View detection alert details

edit

To inspect a detection alert, click the View details button from the Alerts table. The alert details flyout appears with several options to view alert data.

View details button

The alert details flyout contains these informational tabs:

  • Overview: A summary of the alert, including relevant fields and selected threat intelligence details. Learn more.
  • Threat Intel: A list of individual threats matching the alert. Learn more.
  • Table: The alert data in table format. Data is organized into field-value pairs.
  • JSON: The alert data in JSON format.
  • Osquery Results: Results from queries attached to rules display on the Osquery Results tab. Learn more.
Alert details flyout

Overview tab

edit

The Overview tab summarizes the alert and shows relevant threat intelligence details. Use this information to understand what generated the alert so you can triage and resolve it.

The Overview tab contains these features:

  • Summary: Displays general details such as the alert’s status, severity, risk score, and a link to the detection rule that produced the alert.
  • MITRE ATT&CK: Provides relevant MITRE ATT&CK framework tactics, techniques, and subtechniques.
  • Alert reason: Provides alert details in a logical arrangement. Shows high-level details, including the alert severity (kibana.alert.severity) and the rule that generated the alert (kibana.alert.rule.name). Fields are interactive; hover over one to access the available actions.
  • Event renderer: Displays relevant event details to provide context for the alert, such as file paths or process arguments. Shows alert details in a human-readable format. Fields are interactive; hover over to access the available actions.
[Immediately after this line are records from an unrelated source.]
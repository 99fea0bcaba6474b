// Widths of ports.

ghost use Rattle.std.specs.Prelude.{◌≡◌, ◌++◌, ◌∷◌, [], if◌then◌else◌, All, IfOk, OnOk};
ghost use Rattle.wiring.specs.Rules.{IsPortWidth, with_valids};

use dk_base::OutOfMemory;
use std::alloc::Global;
use wiring::Width;

fn control_widths(alloc: Global, enable: bool) -> Result<Vec<Width>, OutOfMemory>
    ensures { IfOk result (λ widths. widths.items ≡ 1 ∷ (if enable then 1 ∷ [] else [])) }
{
    let one = Width::new(1);
    let mut widths = Vec::new(alloc);
    widths.push(one)?;
    if enable {
        widths.push(one)?;
        return Ok(widths);
    }
    Ok(widths)
}

fn push_widths(widths: &mut Vec<Width>, dins: &[u8]) -> Result<(), OutOfMemory>
    requires { All IsPortWidth dins.now }
    ensures { OnOk result (widths.new.items ≡ widths.old.items ++ dins.now) }
{
    for bits in dins {
        widths.push(Width::new(*bits))?;
    }
    Ok(())
}

// Those of `rst`, of `en` where there is one, and of each `din`.
pub fn input_widths(alloc: Global, enable: bool, dins: &[u8]) -> Result<Vec<Width>, OutOfMemory>
    requires { All IsPortWidth dins.now }
    ensures { IfOk result (λ widths. widths.items
        ≡ 1 ∷ (if enable then 1 ∷ dins.now else dins.now)) }
{
    let mut widths = control_widths(alloc, enable)?;
    push_widths(&mut widths, dins)?;
    Ok(widths)
}

// Those of each `valid` and `dout`.
pub fn output_widths(alloc: Global, douts: &[u8]) -> Result<Vec<Width>, OutOfMemory>
    requires { All IsPortWidth douts.now }
    ensures { IfOk result (λ widths. widths.items ≡ with_valids douts.now) }
{
    let mut widths = Vec::new(alloc);
    for bits in douts {
        widths.push(Width::new(1))?;
        widths.push(Width::new(*bits))?;
    }
    Ok(widths)
}

// The number of the first `din` among the inputs.
pub fn first_din(enable: bool) -> usize
    ensures { result ≡ (if enable then 2 else 1) }
{
    if enable { 2 } else { 1 }
}
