// All risings and settings of a condition, in one walk.
ghost use Rattle.std.specs.Prelude.{◌≡◌, ◌-◌, ◌<◌, ◌≤◌, IfOk};
ghost use Rattle.crossing.specs.Events.{crossings as crossings_of};
ghost use Rattle.search.specs.Walks.{Steps};

use super::signal::Signal;
use super::walk::Crossings;
use crossing::event::Crossing;
use std::alloc::{AllocError, Global};

// Risings and settings in order of time, and how many ticks were evaluated for them.
#[derive(Drop)]
pub struct Listing {
    pub crossings: Vec<Crossing>,
    pub evaluations: u64,
}

// All of the row's ticks from one on.
pub fn crossings<S: Signal>(heap: Global, signal: &S, from: u64) -> Result<Listing, AllocError>
    ensures { IfOk result (λ l. (l.crossings.items ≡ crossings_of (S.course signal.now).so «from» ((S.course signal.now).stop - «from»)) × Steps (S.course signal.now) («from» - 1) «from» l.evaluations) }
{
    let mut walk = Crossings::new(signal, from);
    let mut crossings = Vec::new(heap);
    // A `for` over `walk.by_ref()` was tried: it tells a proof nothing of `walk` behind it.
    while let Some(crossing) = walk.next() {
        crossings.push(crossing)?;
    }
    Ok(Listing {
        crossings,
        evaluations: walk.evaluations(),
    })
}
    The event renderer only displays if an event renderer exists for the alert type.

  • Highlighted fields: Surfaces the most relevant fields for the alert type. Use this to inform your triage efforts as you investigate the alert.
  • Alert prevalence: Shows the total number of alerts within the selected time frame that have identical values. For example, an alert prevalence of 3 for host.name means three alerts with the same host.name value exist within the time frame.

    Alert prevalence data can help you investigate relationships with other alerts and gain context about the events producing alerts. You can also click the alert prevalence count to explore the alerts in Timeline.
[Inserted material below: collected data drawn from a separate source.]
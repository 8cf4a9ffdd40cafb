// The one search: the first tick in which a condition is as wanted, found without evaluating every tick.
// It knows nothing of heights. It asks a signal whether the condition holds in a tick, and up to which tick it surely stays the same.
//
//   signal  what can be searched: a condition over a row of ticks
//   first   the first tick in which it is as wanted, becomes so, or has an event
//   walk    its risings and settings, one after the other
//   list    all of them
#![tactic(auto)]

pub mod first;
pub mod list;
pub mod signal;
pub mod walk;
    Before investigating alert prevalence data in Timeline, save any Timelines you’re working on to ensure you can access them later.

  • Insights: Shows relationships with associated alerts to help you quickly identify patterns. Refer to Insights on alerts for more information.
  • Enriched data: Displays risk scores for users and hosts, as well as available threat intelligence. Refer to Alerts enriched with user and host risk scores and Alerts enriched with threat intelligence to learn more.

    Informational message on enriched data
Insights on alerts
edit

The Insights section shows you how an alert is related to other alerts and offers ways to investigate related alerts. You can use this information to quickly find patterns between alerts and then take action.

Within the Insights section, you can click on the title for each insight to expand or collapse it.

Insights section in Alert details flyout

The Insights section provides the following details:

  • Suppressed alerts - Indicates that the alert was created with alert suppression, and shows how many duplicate alerts were suppressed. This section only appears if alert suppression is enabled for the rule.
  • Cases related to the alert - Shows the total number and names of cases to which the alert has been added. Click a case’s name to open its details.
  • Alerts related by source event - Shows the ten most recent alerts created by the same source event. This can help you find alerts with a shared origin and provide more context about the source event. Click the Investigate in timeline button to examine related alerts in Timeline.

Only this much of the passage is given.